La notte del Sudafrica è stata una lunga veglia funebre. “Mandela è morto”, annuncia alle 22 e 48 in tv il presidente Zuma, risvegliando un intero Paese, che si era ormai quasi abituato al lento spegnersi del suo leader. Il Madiba è spirato nella sua casa di Johannesburg a 95 anni, affrontando “forte e coraggioso la sua ultima battaglia”, come aveva raccontato solo 24 ore fa la figlia Makaziwe.
Il silenzio è calato sul mondo: un minuto di raccoglimento è stato osservato al Consiglio di sicurezza dell’Onu, il presidente Obama è salito sul palco delle conferenze stampa della Casa Bianca per ricordare il presidente nero del Sudafrica. Il presidente nero degli Stati Uniti si è commosso in diretta tv ricordando “l’esempio della mia vita”, “uno degli uomini più coraggiosi dell’umanità”.
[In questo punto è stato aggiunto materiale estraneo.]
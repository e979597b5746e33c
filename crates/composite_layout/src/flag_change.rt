use crate::component::Flags;
use std::marker::Model;

/// Which flags of a component are set and which are cleared. No flag is in both; `init` is in
/// neither, and `stale` isn't cleared.
#[derive(Clone, Copy, Debug, PartialEq, Eq)]
pub struct FlagChange {
    pub set: Flags,
    pub clear: Flags,
}

impl Model for FlagChange {
    ghost use Rattle.composite_layout.specs.FlagChanges.{FlagSets, AreFlagSets};

    ghost Value = { FlagSets };

    ghost view = { λ c. record { set = c.set; clear = c.clear } };

    ghost invariant = { λ c. AreFlagSets (record { set = c.set; clear = c.clear }) };

    ghost inverse = { λ v. record { set = v.set; clear = v.clear } };
}
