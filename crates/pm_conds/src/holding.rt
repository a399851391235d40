//! Whether the conditions of a recipe hold, over a host and the sink for errors (procmailrc(5), "Conditions").
ghost use Rattle.std.specs.Prelude.{◌≡◌, [], false, IfOk};
ghost use Rattle.pm_host.specs.Streams.{StreamView};
ghost use Rattle.pm_journal.specs.Entries.{view_of};
ghost use Rattle.pm_journal.specs.Executed.{Carries};
ghost use Rattle.pm_journal.specs.Held.{Keeping};
ghost use Rattle.pm_journal.specs.LogText.{defective_condition_line, value_too_long_line};
ghost use Rattle.pm_meaning.specs.Changes.{overflowed};
ghost use Rattle.pm_meaning.specs.Judging.{holding, held_with, told_judgement};
ghost use Rattle.pm_meaning.specs.Apart.{judged_of};
ghost use Rattle.pm_meaning.specs.Minds.{mind_of};
ghost use Rattle.pm_meaning.specs.Turns.{say_then};
ghost use Rattle.pm_conds.specs.Holding.{Holds, holding_alone, verdict_of};
ghost use Rattle.pm_conds.specs.Notes.{HearsHeld};

use crate::asked::Asked;
use crate::conditions::judge;
use crate::observer::{NoObserver, Observer};
use core::mem::replace_with;
use pm_bytes::{Blob, Memory, Name};
use pm_host::{Host, Sink};
use pm_journal::{AllEntries, Asks, Entries, Journal, defective_condition, value_too_long};
use pm_meaning::question::Judgement;
use pm_meaning::{Mind, Paused, Run, Shared, tell};
use pm_recipe::{Condition, Flags};
use std::alloc::Global;

/// Whether a recipe's conditions match it. After `Memory` some of their acts were done and noted, or none.
#[derive(Clone, Copy, Debug, PartialEq, Eq)]
pub enum Verdict {
    Matched,
    Unmatched,
    Memory,
}

/// Judges the conditions in order, and tells the first that is none, or whose value is too long. The score and MATCH
/// are in `mind` then. `out` is the count of faults of the run's standard output, which isn't touched.
pub fn holds<H: Host, E: Sink>(
    alloc: Global,
    conditions: &[Condition],
    flags: &Flags,
    mind: &mut Mind,
    host: &mut H,
    err: &mut E,
    journal: &mut Journal,
    out: u64,
) -> Verdict
    requires keeping { Keeping journal.old mind.old.locks.names }
    ensures holds { (told : StreamView) → told.faults ≡ out →
        Holds result conditions.now flags.now (judged_of mind.old) (judged_of mind.new) journal.old journal.new
        (view_of (H.told host.old) told (E.told err.old)) (view_of (H.told host.new) told (E.told err.new)) }
    ensures keeping { Keeping journal.new mind.new.locks.names }
    ensures rcfiles { mind.new.rcfiles ≡ mind.old.rcfiles }
{
    let mut shared = nothing_shared(alloc);
    match mind.pause(alloc, &shared, journal) {
        Err(Memory) => Verdict::Memory,
        Ok(paused) => {
            let mut asked = Asked { host, err, out };
            let Held { held, paused } = hold_lent(alloc, conditions, *flags, paused, &mut asked);
            mind.resume(paused, &mut shared, journal);
            answered(held)
        }
    }
}

// Conditions look at nothing that the processes of a run share.
fn nothing_shared(alloc: Global) -> Shared
    ensures host { result.host_name ≡ [] }
    ensures placed { result.placed ≡ 0 }
{
    Shared {
        openings: 0,
        clones: 0,
        placed: 0,
        host_name: Name::from_text(String::new(alloc)),
    }
}

fn answered(held: Result<bool, Memory>) -> Verdict
    ensures { result ≡ verdict_of held }
{
    match held {
        Ok(true) => Verdict::Matched,
        Ok(false) => Verdict::Unmatched,
        Err(_) => Verdict::Memory,
    }
}

// Whether the conditions hold, with the process and the journal afterwards.
struct Held<K: Entries> {
    held: Result<bool, Memory>,
    paused: Paused<K>,
}

// Judges them over objects that are lent; they are the same ones afterwards.
fn hold_lent<'a, H: Host, E: Sink>(
    alloc: Global,
    conditions: &[Condition],
    flags: Flags,
    paused: Paused<AllEntries>,
    asked: &mut Asked<'a, H, E>,
) -> Held<AllEntries>
    ensures carries { (told : StreamView) → told.faults ≡ asked.old.out →
        Carries (holding conditions.now flags (mind_of paused.process))
        (λ held. held_with held (mind_of result.paused.process)) result.held paused.journal result.paused.journal
        (view_of (H.told asked.old.host.now) told (E.told asked.old.err.now))
        (view_of (H.told asked.new.host.now) told (E.told asked.new.err.now)) }
    ensures host { asked.new.host.ghost_name ≡ asked.old.host.ghost_name }
    ensures err { asked.new.err.ghost_name ≡ asked.old.err.ghost_name }
{
    hold_apart(alloc, conditions, flags, paused, asked)
}

// The same over whatever does the acts.
fn hold_apart<D: Asks>(
    alloc: Global,
    conditions: &[Condition],
    flags: Flags,
    paused: Paused<D::Kept>,
    outside: &mut D,
) -> Held<D::Kept>
    ensures carries { Carries (holding conditions.now flags (mind_of paused.process))
        (λ held. held_with held (mind_of result.paused.process)) result.held
        paused.journal result.paused.journal (D.told outside.old) (D.told outside.new) }
{
    let asking = Asking {
        alloc,
        conditions,
        flags,
        paused,
    };
    replace_with(outside, asking, hold_all)
}

// What is asked of a process.
struct Asking<'a, K: Entries> {
    alloc: Global,
    conditions: &'a [Condition],
    flags: Flags,
    paused: Paused<K>,
}

// The same, while what does the acts is the run's own.
fn hold_all<D: Asks>(outside: D, asking: Asking<'_, D::Kept>) -> (D, Held<D::Kept>)
    ensures carries { Carries
        (holding asking.entry.conditions.now asking.entry.flags (mind_of asking.entry.paused.process))
        (λ held. held_with held (mind_of result.1.paused.process)) result.1.held
        asking.entry.paused.journal result.1.paused.journal (D.told outside) (D.told result.0) }
{
    let Asking {
        alloc,
        conditions,
        flags,
        paused,
    } = asking;
    let Paused { process, journal } = paused;
    let mut run = Run {
        process,
        journal,
        outside,
    };
    let held = conditions_hold(alloc, &mut run, conditions, flags, &mut NoObserver);
    let Run {
        process,
        journal,
        outside,
    } = run;
    let paused = Paused { process, journal };
    (outside, Held { held, paused })
}

/// As [`holds`], for a run: whether the conditions hold; a defect is told. The observer hears what came of each.
pub fn conditions_hold<D: Asks, N: Observer>(
    alloc: Global,
    run: &mut Run<D>,
    conditions: &[Condition],
    flags: Flags,
    observer: &mut N,
) -> Result<bool, Memory>
    ensures carries { Carries (holding conditions.now flags (mind_of run.old.process))
        (λ held. held_with held (mind_of run.new.process)) result
        run.old.journal run.new.journal (D.told run.old.outside) (D.told run.new.outside) }
    ensures hears { IfOk result (λ held. HearsHeld conditions.now flags (mind_of run.old.process)
        (held_with held (mind_of run.new.process)) run.old.journal run.new.journal
        (N.heard observer.old) (N.heard observer.new)) }
{
    let judgement = judge(alloc, run, conditions, flags, observer)?;
    tell_judgement(alloc, run, judgement)
}

// Whether they hold; a defect is told.
fn tell_judgement<D: Asks>(
    alloc: Global,
    run: &mut Run<D>,
    judgement: Judgement,
) -> Result<bool, Memory>
    ensures carries { Carries (told_judgement judgement (mind_of run.old.process))
        (λ held. held_with held (mind_of run.new.process)) result
        run.old.journal run.new.journal (D.told run.old.outside) (D.told run.new.outside) }
{
    match judgement {
        Judgement::Matched => Ok(true),
        Judgement::Unmatched => Ok(false),
        Judgement::Defective(text) => tell_defect(alloc, run, text),
        Judgement::TooLong(length) => tell_long(alloc, run, length),
    }
}

// A condition that is none doesn't hold.
fn tell_defect<D: Asks>(alloc: Global, run: &mut Run<D>, text: Blob) -> Result<bool, Memory>
    ensures carries { let p = mind_of run.old.process in
        Carries (say_then p (defective_condition_line text) (held_with false p)) (λ held. held_with held p) result
        run.old.journal run.new.journal (D.told run.old.outside) (D.told run.new.outside) }
    ensures same { run.new.process ≡ run.old.process }
{
    let line = defective_condition(alloc, text.as_slice())?;
    tell(alloc, run, line)?;
    Ok(false)
}

// One whose value is too long doesn't hold, and PROCMAIL_OVERFLOW is set.
fn tell_long<D: Asks>(alloc: Global, run: &mut Run<D>, length: u64) -> Result<bool, Memory>
    ensures carries { let p = mind_of run.old.process in
        Carries (say_then p (value_too_long_line length) (held_with false (overflowed p)))
        (λ held. held_with held (mind_of run.new.process)) result
        run.old.journal run.new.journal (D.told run.old.outside) (D.told run.new.outside) }
{
    let line = value_too_long(alloc, length)?;
    let mark = Blob::from_slice(alloc, b"yes")?;
    tell(alloc, run, line)?;
    run.process.vars.set(b"PROCMAIL_OVERFLOW", mark)?;
    Ok(false)
}
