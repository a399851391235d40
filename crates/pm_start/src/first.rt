//! Bytes up to the first of a kind.
ghost use Rattle.std.specs.Prelude.{◌≡◌, ◌∷◌, ◌++◌, IfSome, None};
ghost use Rattle.pm_start.specs.Entry.{Lacks, IsFirstLine};

use memchr::memchr;

/// The bytes before the first sign, and those after it; None where the sign doesn't stand.
pub fn before_sign(bytes: &[u8], sign: u8) -> Option<(&[u8], &[u8])>
    ensures cut { IfSome result (λ cut. (bytes.now ≡ cut.0.now ++ sign ∷ cut.1.now) × Lacks sign cut.0.now) }
    ensures none { result ≡ None → Lacks sign bytes.now }
{
    let Some(place) = memchr(sign, bytes) else {
        return None;
    };
    Some((&bytes[..place], &bytes[place + 1..]))
}

/// The first line of a text, without its end.
#[tactic(auto, using(crate::proofs::Machine::first_of_cut))]
pub fn first_line(text: &[u8]) -> &[u8]
    ensures { IsFirstLine text.now result.now }
{
    match before_sign(text, b'\n') {
        Some((line, _)) => line,
        None => text,
    }
}
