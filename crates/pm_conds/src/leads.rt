//! What stands before the test of a condition: `!`, and names with `??`.
ghost use Rattle.std.specs.Prelude.{◌≡◌, ◌<◌, ◌≤◌, IfOk, IfSome, length, position, Some, None};
ghost use Rattle.std.specs.List.{position_or_len};
ghost use Rattle.pm_meaning.specs.Leads.{is_no_blank, after_blanks, ends_name};
ghost use Rattle.pm_meaning.specs.Leads;
ghost use Rattle.pm_meaning.specs.Leads.{is_named, behind_name};
ghost use Rattle.pm_meaning.specs.Leads.{Asking, next_asking, asked, asking_of};

use pm_bytes::{Blob, Memory, begins_name, continues_name};
use pm_meaning::past_blanks;
use pm_meaning::question::{Question, Scope};
use pm_message::Place;
use std::alloc::Global;

/// The place of the first byte that is in no name.
fn name_end(text: &[u8]) -> Option<usize>
    ensures { result ≡ position ends_name text.now }
{
    text.iter().position(|byte| !continues_name(*byte))
}

/// How many bytes stand before it.
fn name_stop(text: &[u8]) -> usize
    ensures value { result ≡ position_or_len ends_name text.now }
    ensures within { result ≤ length text.now }
{
    name_end(text).unwrap_or(text.len())
}

/// Whether a name can begin here.
fn has_name(text: &[u8]) -> bool
    ensures { result ≡ Leads.begins_name text.now }
{
    match text.first() {
        None => false,
        Some(byte) => begins_name(*byte),
    }
}

/// How long the name at the front is.
fn name_length(text: &[u8]) -> usize
    ensures value { result ≡ Leads.name_length text.now }
    ensures within { result ≤ length text.now }
{
    if has_name(text) { name_stop(text) } else { 0 }
}

/// What stands after the name at the front and blanks.
fn past_name(text: &[u8]) -> &[u8]
    ensures value { result.now ≡ behind_name text.now }
    ensures shorter { length result.now ≤ length text.now }
{
    past_blanks(&text[name_length(text)..])
}

/// Where a condition looks that names this.
fn scope_of(alloc: Global, name: &[u8]) -> Result<Scope, Memory>
    ensures { IfOk result (λ scope. scope ≡ Leads.scope_of name.now) }
{
    if name == b"H".as_slice() {
        return Ok(Scope::Mail(Place::H));
    }
    if name == b"B".as_slice() {
        return Ok(Scope::Mail(Place::B));
    }
    if name == b"HB".as_slice() || name == b"BH".as_slice() {
        return Ok(Scope::Mail(Place::Hb));
    }
    Ok(Scope::Variable(Blob::from_slice(alloc, name)?))
}

/// Reads one `!` or one name with `??`, if it stands at the front, and answers what follows.
fn pass<'a>(
    alloc: Global,
    text: &'a [u8],
    question: &mut Question,
) -> Result<Option<&'a [u8]>, Memory>
    ensures some { IfOk result (λ more. IfSome more (λ rest.
        next_asking (asking_of text.now question.old) ≡ Some (asking_of rest.now question.new))) }
    ensures shorter { IfOk result (λ more. IfSome more (λ rest. length rest.now < length text.now)) }
    ensures none { IfOk result (λ more. more ≡ None → next_asking (asking_of text.now question.old) ≡ None) }
    ensures same { IfOk result (λ more. more ≡ None → question.new ≡ question.old) }
{
    if text.starts_with(b"!") {
        question.inverted = !question.inverted;
        return Ok(Some(past_blanks(&text[1..])));
    }
    if !has_name(text) {
        return Ok(None);
    }
    let rest = past_name(text);
    if !rest.starts_with(b"??") {
        return Ok(None);
    }
    question.scope = scope_of(alloc, &text[..name_length(text)])?;
    Ok(Some(past_blanks(&rest[2..])))
}

/// Reads all that stands before the test, and answers the test.
pub fn read_lead<'a>(
    alloc: Global,
    text: &'a [u8],
    question: &mut Question,
) -> Result<&'a [u8], Memory>
    ensures { IfOk result (λ rest. asked (asking_of text.now question.old) ≡ asking_of rest.now question.new) }
{
    let mut rest = text;
    while let Some(more) = pass(alloc, rest, question)? {
        rest = more;
    }
    Ok(rest)
}
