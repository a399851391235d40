//! The code of an rcfile.
ghost use Rattle.std.specs.Prelude.{◌≡◌, true, IfOk};
ghost use Rattle.pm_code.specs.Flat.{flats_of};
ghost use Rattle.pm_code.specs.Ahead.{ends_right};

use crate::steps::Step;
use pm_bytes::Memory;
use std::alloc::Global;

/// The steps of an rcfile. Each block ends where its `Enter` says.
#[derive(Drop)]
pub struct Code {
    pub steps: Vec<Step>,
    ghost ends: { ends_right 0 (flats_of steps.items) ≡ true },
}

impl Code {
    /// Equal code.
    pub fn copy(&self, alloc: Global) -> Result<Code, Memory>
        ensures { IfOk result (λ copy. flats_of copy.steps.items ≡ flats_of self.now.steps.items) }
    {
        let mut steps = Vec::new(alloc);
        for step in &self.steps {
            steps.push(step.copy(alloc)?)?;
        }
        Ok(Code { steps })
    }
}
Mandela è stato semplicemente il padre della patria post-apartheid, il forgiatore della Nazione arcobaleno, traghettata oltre i decenni bui della segregazione razziale dal sorriso senza confini dell’ex pugile lottatore della libertà a Robben Island e premiato Nobel per la Pace insieme al leader bianco De Klerk – prima presidente, poi vice di Mandela – nel 1993.